First of all, thank you all so much for all your thoughts, prayers, and wishes, on my previous post! Your comments meant so much to me and they really made me feel a lot better. I had never fully appreciated community support before - I had never been on the receiving side. Thanks also to those of you who emailed me - although I had been terribly late to reply, I want to tell you that your emails cheered me up a lot too. So plenty of hugs back to all of you who kept me, my brother and my family in your thoughts.

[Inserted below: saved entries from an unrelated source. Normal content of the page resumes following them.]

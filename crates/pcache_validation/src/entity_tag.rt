//! Entity tags (RFC 9110 section 8.8.3).

ghost use Rattle.std.specs.Prelude.{◌≡◌, ◌↔◌, List, ℕ, Some, Option};
ghost use Rattle.std.specs.List.{list_all};
ghost use Rattle.std.specs.Option.{option_copied};
ghost use Rattle.pcache_validation.specs.EntityTags.{Tag, Spells, after_mark, characters_in, is_etagc, opaque_in, strongly_match, tag_in, tagged, weakly_match};

use std::marker::Model;

/// An entity tag, in the bytes that it was read from. A contract sees whether it is weak, and the
/// characters between its quotes.
#[derive(Drop)]
pub struct EntityTag<'a> {
    weak: bool,
    opaque: &'a [u8],
}

impl<'a> Model for EntityTag<'a> {
    ghost use Rattle.pcache_validation.specs.EntityTags.{Tag};

    ghost Value = { Tag };

    ghost view = { λ tag. record { weak = tag.weak; opaque = tag.opaque.now } };
}

fn is_etagc(b: u8) -> bool
    ensures { result ≡ is_etagc b }
{
    b == 0x21 || (0x23 <= b && b <= 0x7E) || 0x80 <= b
}

fn are_etagc(bytes: &[u8]) -> bool
    ensures { result ≡ list_all is_etagc bytes.now }
{
    bytes.iter().all(|b| is_etagc(*b))
}

// The bytes, if they are characters of entity tags.
fn characters(bytes: &[u8]) -> Option<&[u8]>
    ensures { option_copied result ≡ characters_in bytes.now }
{
    if are_etagc(bytes) { Some(bytes) } else { None }
}

// What stands between the quotes.
fn opaque(bytes: &[u8]) -> Option<&[u8]>
    ensures { option_copied result ≡ opaque_in bytes.now }
{
    match bytes {
        [b'"', inner @ .., b'"'] => characters(inner),
        _ => None,
    }
}

// The bytes behind the mark of a weak tag, if it stands in front.
fn after_mark(bytes: &[u8]) -> Option<&[u8]>
    ensures { option_copied result ≡ after_mark bytes.now }
{
    match bytes {
        [b'W', b'/', rest @ ..] => Some(rest),
        _ => None,
    }
}

fn tagged(weak: bool, opaque: Option<&[u8]>) -> Option<EntityTag<'_>>
    ensures { result ≡ tagged weak (option_copied opaque.entry) }
{
    match opaque {
        Some(opaque) => Some(EntityTag { weak, opaque }),
        None => None,
    }
}

#[tactic(auto, unfolding(crate::specs::EntityTags::tag_in))]
fn read_tag(bytes: &[u8]) -> Option<EntityTag<'_>>
    ensures { result ≡ tag_in bytes.now }
{
    match after_mark(bytes) {
        Some(rest) => tagged(true, opaque(rest)),
        None => tagged(false, opaque(bytes)),
    }
}

impl<'a> EntityTag<'a> {
    /// The entity tag that the bytes spell: characters in quotes, with `W/` before them if it is
    /// weak. `None` if they spell none.
    pub fn read(bytes: &'a [u8]) -> Option<EntityTag<'a>>
        ensures value { result ≡ tag_in bytes.now }
        ensures grammar { (tag : Tag) → (result ≡ Some tag) ↔ Spells bytes.now tag }
    {
        read_tag(bytes)
    }

    /// Whether it is marked as weak.
    pub fn is_weak(&self) -> bool
        ensures { result ≡ self.now.weak }
    {
        self.weak
    }

    /// The characters between its quotes.
    pub fn opaque(&self) -> &[u8]
        ensures { result.now ≡ self.now.opaque }
    {
        self.opaque
    }

    /// Whether both are equivalent by weak comparison (RFC 9110 section 8.8.3.2).
    pub fn weakly_matches(&self, other: &EntityTag<'_>) -> bool
        ensures { result ≡ weakly_match self.now other.now }
    {
        self.opaque == other.opaque
    }

    /// Whether both are equivalent by strong comparison (RFC 9110 section 8.8.3.2).
    pub fn strongly_matches(&self, other: &EntityTag<'_>) -> bool
        ensures { result ≡ strongly_match self.now other.now }
    {
        !self.weak && !other.weak && self.weakly_matches(other)
    }
}
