//! What the answer to a HEAD does to a stored response (RFC 9111 section 4.3.5).

ghost use Rattle.std.specs.Prelude.{◌≡◌, ◌↔◌, IsTrue};
ghost use Rattle.std.specs.Option.{option_copied};
ghost use Rattle.pcache_meta.specs.Header.{shown_fields};
ghost use Rattle.pcache_validation.specs.Fields.{bytes_of};
ghost use Rattle.pcache_validation.specs.Heads.{agrees_on, same_value, Agrees, MakesStale, Updates};

use crate::fields::{has, only};
use http_header::{CONTENT_LENGTH, ETAG, HeaderMap, HeaderName, HeaderValue, LAST_MODIFIED};
use pcache_meta::header::ResponseHeader;
use pcache_meta::meta::CacheMeta;

/// What the answer to a HEAD does to a stored response of GET that could have been chosen for it.
#[derive(Clone, Copy, Debug, PartialEq, Eq)]
pub enum Freshened {
    /// It is updated with the fields of the answer.
    Updated,
    /// It is considered stale from now on.
    Stale,
    /// It stays as it is.
    Untouched,
}

// Whether both values are there, and are the same.
fn same_value(a: Option<&HeaderValue>, b: Option<&HeaderValue>) -> bool
    ensures { result
        ≡ same_value (bytes_of (option_copied a.entry)) (bytes_of (option_copied b.entry)) }
{
    match (a, b) {
        (Some(a), Some(b)) => a.as_bytes() == b.as_bytes(),
        _ => false,
    }
}

fn agrees_on(name: &HeaderName, head: &HeaderMap, stored: &HeaderMap) -> bool
    ensures { result ≡ agrees_on name.now (shown_fields head.now) (shown_fields stored.now) }
{
    !has(head, name) || same_value(only(head, name), only(stored, name))
}

fn agrees(head: &HeaderMap, stored: &HeaderMap) -> bool
    ensures { IsTrue result ↔ Agrees (shown_fields head.now) (shown_fields stored.now) }
{
    agrees_on(&ETAG, head, stored)
        && agrees_on(&LAST_MODIFIED, head, stored)
        // One without a Content-Length differs too: its body's length is not in its head.
        && agrees_on(&CONTENT_LENGTH, head, stored)
}

/// What the answer to a HEAD does to a stored response with these fields: a 200 updates it if each
/// validator and the Content-Length, as far as they came, have the values that are stored, and else
/// makes it stale.
pub fn after_head_of(head: &ResponseHeader, stored: &HeaderMap) -> Freshened
    ensures updated { (result ≡ Freshened.Updated)
        ↔ Updates head.now.status (shown_fields head.now.headers) (shown_fields stored.now) }
    ensures stale { (result ≡ Freshened.Stale)
        ↔ MakesStale head.now.status (shown_fields head.now.headers) (shown_fields stored.now) }
{
    if head.status.as_u16() != 200 {
        Freshened::Untouched
    } else if agrees(&head.headers, stored) {
        Freshened::Updated
    } else {
        Freshened::Stale
    }
}

/// What the answer to a HEAD does to a stored response of which a store lends its meta.
pub fn after_head(head: &ResponseHeader, stored: &CacheMeta) -> Freshened
    ensures updated { (result ≡ Freshened.Updated)
        ↔ Updates head.now.status (shown_fields head.now.headers) stored.now.header.fields }
    ensures stale { (result ≡ Freshened.Stale)
        ↔ MakesStale head.now.status (shown_fields head.now.headers) stored.now.header.fields }
{
    after_head_of(head, stored.headers())
}
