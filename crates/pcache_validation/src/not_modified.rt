//! Which fields of a stored response a 304 that is made of it has (RFC 9110 section 15.4.5).

ghost use Rattle.std.specs.Prelude.{◌↔◌, IsTrue};
ghost use Rattle.pcache_meta.specs.Header.{shown_fields};
ghost use Rattle.pcache_validation.specs.NotModified.{IsOwed, IsSent};

use crate::fields::has;
use http_header::{
    CACHE_CONTROL, CONTENT_LOCATION, DATE, ETAG, EXPIRES, HeaderMap, HeaderName, LAST_MODIFIED,
    VARY,
};

// Whether a 304 has the field if a 200 would have it.
fn is_owed(name: &HeaderName) -> bool
    ensures { IsTrue result ↔ IsOwed name.now }
{
    *name == CONTENT_LOCATION
        || *name == DATE
        || *name == ETAG
        || *name == VARY
        || *name == CACHE_CONTROL
        || *name == EXPIRES
}

/// Whether a field of a stored response is sent with the 304 that is made of it: Content-Location,
/// Date, ETag, Vary, Cache-Control and Expires are, and Last-Modified if there is no ETag. The Age
/// of the stored response is sent besides (RFC 9111 section 5.1).
pub fn is_sent(stored: &HeaderMap, name: &HeaderName) -> bool
    ensures { IsTrue result ↔ IsSent (shown_fields stored.now) name.now }
{
    is_owed(name) || (*name == LAST_MODIFIED && !has(stored, &ETAG))
}
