//! What the answer to a validation means (RFC 9111 section 4.3.3; RFC 5861 section 4).

ghost use Rattle.std.specs.Prelude.{◌≡◌, ◌↔◌, Bool, true, IsTrue};
ghost use Rattle.pcache_validation.specs.Answers.{IsError, IsUnchanged, MayActAsFailed};

use http::StatusCode;
use pcache_base::moment::Moment;
use pcache_meta::meta::CacheMeta;

/// What a cache may do with the answer to its validation of a stored response.
#[derive(Clone, Copy, Debug, PartialEq, Eq)]
pub enum Validated {
    /// A 304: the stored response can be updated and reused.
    Unchanged,
    /// An error, after which the stored response may be served although it is stale.
    ServeStale,
    /// Any other answer, or none: what came is passed on, and a full response may be stored in place
    /// of the stored one.
    PassOn,
}

/// Whether an answer of this status counts as an error: 500, 502, 503, 504, or that none came (RFC
/// 5861 section 4).
pub fn is_error(status: &Option<StatusCode>) -> bool
    ensures { IsTrue result ↔ IsError status.now }
{
    match status {
        Some(status) => {
            *status == StatusCode::INTERNAL_SERVER_ERROR
                || *status == StatusCode::BAD_GATEWAY
                || *status == StatusCode::SERVICE_UNAVAILABLE
                || *status == StatusCode::GATEWAY_TIMEOUT
        }
        None => true,
    }
}

fn is_unchanged(status: &Option<StatusCode>) -> bool
    ensures { IsTrue result ↔ IsUnchanged status.now }
{
    match status {
        Some(status) => *status == StatusCode::NOT_MODIFIED,
        None => false,
    }
}

/// What the answer to the validation of a stored response means, by its status; `None` is that no
/// answer came. After an error (500, 502, 503, 504 or no answer) the stored response may be served
/// stale until its window for errors ends, unless a directive of it prohibits that.
pub fn after_validation(
    status: Option<StatusCode>,
    stored: &CacheMeta,
    prohibited: bool,
    now: Moment,
) -> Validated
    ensures unchanged { (result ≡ Validated.Unchanged) ↔ IsUnchanged status }
    ensures stale { (result ≡ Validated.ServeStale)
        ↔ MayActAsFailed status stored.now prohibited now }
{
    if is_unchanged(&status) {
        Validated::Unchanged
    } else if is_error(&status) && !prohibited && stored.serve_stale_if_error(now) {
        Validated::ServeStale
    } else {
        Validated::PassOn
    }
}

After more than a month of hospitalization, my brother was discharged two days ago. He had just completed in-patient rehab, and needs more outpatient therapy to build him back to the person he was. He is so much better now, after two weeks of therapy, though there are still things he struggles with - memory retention, lack of focus and inhibition, and cognitive strength. It doesn't help that he has barely any memory of his last three months - making it even harder for him to accept the doctor's diagnosis (viral encephalitis). Ever since he "woke" up in hospital, he has gone through a lot of emotions - denial, anger, sadness, guilt. I have tried a lot to keep him happy and not slide into any negative emotions. But it's hard. I know that in his place, I'm going to be feeling exactly the same. He'll also have to wait at least 6 months before heading back to school. He has been worried that he won't be able to do that, but I guess he has now convinced himself that he will.
I'm thankful that my brother didn't get the worst effects of the disease. 3 months worth of memory is a short price to pay considering many people with this disease have forgotten 3 or 5 years of their lives. Although he has been struggling with common things that we take for granted, like simple math or memory games, I've seen him improve every day. I expect he'll outperform his own expectations and be back to school in no time.
I'm only just beginning to catch up with my experiences over the last month, so some days are really hard for me to get by. There are memories that haunt me and memories that I've blocked. It's been a terrifying experience, and I'm ready to press the fast-forward button. I'm just glad that this is temporary and before soon, it'll all be behind me.
I wasn't sure at all if I was ready to return to blogging, but when I opened the Blogger page, I realized that heck, I am ready to be back. Books formed a big part of my own therapy - I didn't read much, but I read during all my free time, which was limited. I bought a hell lot of books though, and it felt just as wonderful as tasting that delicious slab of chocolate. I haven't opened my reader in over a month though, and I'm going to try that sometime tomorrow after ensuring that I have a cup of strong coffee beside me!
So far, my thoughts are still in so much disarray - I doubt I'm going to have much of a routine for the rest of this month, on my blog. Work's crazy busy right now, plus I have a month's worth of pending items to do. It started snowing yesterday, and I was really surprised by how much and how fast time has sped on. I'll be going off for one more week during Christmas, so I'll get back into a routine starting Jan. Until then, I'll permit myself the rare treat of posting whenever, wherever, whatever.